* **Task details**: Copy every line of the entries that has the string "atoms" in it.

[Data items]

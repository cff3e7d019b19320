// Theories whose atoms are the entries of a table. A decision procedure says what a literal of an entry asks for, and whether
// there is a world as the set literals ask.
#![tactic(auto)]

ghost use Rattle.std.specs.Prelude.{◌≡◌, ℕ, ◌≤◌, true, Bool, if◌then◌else◌, List, [], ◌∷◌, map, length, ℤ, vec_len, vec_capacity};
ghost use Rattle.std.specs.List.{AllByRecursion};
ghost use Rattle.tables.specs.Entries.{all_entries_fit};
ghost use Rattle.theory.specs.Calls.{world_answer, world_written};
ghost use Rattle.theory.specs.Meaning.{different};
ghost use Rattle.theory.proofs.Apart.{different_at};
ghost use Rattle.table_theory.specs.Drawing.{fits_by, records_of, table_meaning, shown_table, shown_variables, ProcedureLaws};
ghost use Rattle.table_theory.specs.Laws;

use refusals::Refusal;
use tables::{Entry, table_fits};
use theory::stack::{Record, Stack};
use theory::{MOST, Sizes, Theory};

// A decision procedure over the entries of a table.
//
// A literal of an entry asks for a record. A record holds of a world, a number for each variable, or does not. The procedure
// decides whether records hold together of any world, and gives one.
pub trait Procedure {
    type Entry: Entry + Copy;

    type Record: Record;

    // an entry that nothing asks for
    ghost spare: { Self.Entry };

    // the record that a literal of an entry asks for
    ghost asked: { Self.Entry → ℕ → Self.Record };

    // a record is over so many variables
    ghost Fits: { ℕ → Self.Record → Type 0 };

    // whether a record holds of a world
    ghost holds: { Self.Record → List ℤ → Bool };

    // whether records over so many variables hold together of a world, and of which
    ghost solved: { List Self.Record → ℕ → Bool };

    ghost solution: { List Self.Record → ℕ → List ℤ };

    // what is left in the list where they do not
    ghost remains: { List Self.Record → ℕ → List ℤ };

    // what is promised of the solution among all worlds: of so many variables, a table and records of it
    ghost Best: { ℕ → List Self.Entry → List Self.Record → List ℤ → Type 0 };

    fn ask(entry: Self::Entry, code: u16) -> Self::Record
        ensures { result ≡ asked entry code };

    // Writes the solution of the records and answers true, or answers false where they hold together of no world, and leaves
    // numbers of its own. An error would carry nothing, so a `Result` would say no more than yes or no.
    fn solve(records: &[Self::Record], numbers: &mut [i64]) -> bool
        requires fits { AllByRecursion (Fits (length numbers.old)) records.now }
        requires few { (length records.now ≤ 513) × (length numbers.old ≤ 512) }
        ensures solved { result ≡ solved records.now (length numbers.old) }
        ensures written { numbers.new ≡ (if solved records.now (length numbers.old) then solution records.now (length numbers.old) else remains records.now (length numbers.old)) };

    ghost laws: { ProcedureLaws Self.Entry.checked Self.Record.coded asked Fits holds solved solution };

    ghost best: { (variables : ℕ) (table : List Self.Entry) (records : List Self.Record) → records ≡ records_of asked spare table (map Self.Record.coded records)
        → AllByRecursion (Fits variables) records → solved records variables ≡ true → Best variables table records (solution records variables) };
}

// A table over so many variables, of whose entries a literal sets one or its opposite. What is set always has a solution.
#[derive(Drop)]
pub struct TableTheory<P: Procedure> {
    variables: usize,
    table: Vec<P::Entry>,
    stack: Stack<P::Record>,
    ghost fits: { all_entries_fit (fits_by P.Entry.checked) variables table.items ≡ true },
    ghost places: { vec_len table ≤ stack.places },
    ghost apart: { different (vec_len table) (map P.Record.coded stack.records) ≡ true },
    ghost drawn: { stack.records ≡ records_of P.asked P.spare table.items (map P.Record.coded stack.records) },
    ghost settled: { P.solved stack.records variables ≡ true },
}

// Whether records over so many variables have a solution. No call of a theory may ask for memory, so the numbers go into an
// array of the most that there may be.
fn have_solution<P: Procedure>(records: &[P::Record], variables: usize) -> bool
    requires fits { AllByRecursion (P.Fits variables) records.now }
    requires few { (length records.now ≤ 513) × (variables ≤ 512) }
    ensures { result ≡ P.solved records.now variables }
{
    let mut numbers = [0i64; MOST];
    P::solve(records, &mut numbers[..variables])
}

impl<P: Procedure> TableTheory<P> {
    // A theory over the table, with an empty stack over the places handed in. A table that is refused, or that has more
    // entries than there are places, shows as no atoms and no variables.
    pub fn new(variables: usize, mut table: Vec<P::Entry>, places: Vec<P::Record>) -> Self
        ensures table { result.table.items ≡ shown_table (fits_by P.Entry.checked) variables table.items (vec_capacity places) }
        ensures variables { result.variables ≡ shown_variables (fits_by P.Entry.checked) variables table.items (vec_capacity places) }
        ensures empty { result.stack.records ≡ [] }
    {
        let stack = Stack::new(places);
        if table_fits(variables, table.as_slice()) && table.len() <= stack.places() {
            return TableTheory {
                variables,
                table,
                stack,
            };
        }
        table.clear();
        TableTheory {
            variables: 0,
            table,
            stack,
        }
    }

    // Writes the solution of what the set literals ask for to the front of a list.
    pub fn solution(&self, list: &mut [i64]) -> Result<(), Refusal>
        ensures answer { result ≡ world_answer self.now.variables list.old }
        ensures written { list.new ≡ world_written self.now.variables (P.solution self.now.stack.records self.now.variables) list.old }
        ensures best { P.Best self.now.variables self.now.table.items self.now.stack.records (P.solution self.now.stack.records self.now.variables) }
    {
        if list.len() < self.variables {
            return Err(Refusal::WorldListShort);
        }
        P::solve(self.stack.records(), &mut list[..self.variables]);
        Ok(())
    }
}

impl<P: Procedure> Theory for TableTheory<P> {
    ghost meaning = { λ t. table_meaning P.asked P.holds P.spare t.variables t.table.items };

    ghost stack = { λ t. map P.Record.coded t.stack.records };

    ghost given_world = { λ t. P.solution t.stack.records t.variables };

    // the new literal and all set literals
    ghost given_conflict = { λ t code. code ∷ map P.Record.coded t.stack.records };

    ghost lawful = { λ t. Laws.lawful P.laws P.spare t.variables t.table.items t.fits };

    ghost apart = { λ t. different_at (map P.Record.coded t.stack.records) t.apart t.table.ok.0 };

    ghost worldly = { λ t. Laws.worldly P.laws P.spare t.variables t.table.items t.stack.records t.drawn t.settled };

    fn sizes(&self) -> Sizes {
        Sizes {
            atoms: self.table.len(),
            variables: self.variables,
        }
    }

    fn set(&mut self, code: u16, conflict: &mut [u16]) -> Result<(), Refusal> {
        self.stack.check(self.table.len(), code, conflict.len())?;
        let record = P::ask(self.table[code as usize / 2], code);
        self.stack.push(record);
        if have_solution::<P>(self.stack.records(), self.variables) {
            return Ok(());
        }
        let _ = self.stack.retreat(1);
        Err(Refusal::Clash(self.stack.write_codes(code, conflict)))
    }

    fn retreat(&mut self, count: usize) -> Result<(), Refusal> {
        self.stack.retreat(count)
    }

    fn world(&self, list: &mut [i64]) -> Result<(), Refusal> {
        self.solution(list)
    }
}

* **Solution to this problem**:
// Theories whose atoms are the entries of a table. A decision procedure says what a literal of an entry asks for, and whether
    // entries than there are places, shows as no atoms and no variables.
            atoms: self.table.len(),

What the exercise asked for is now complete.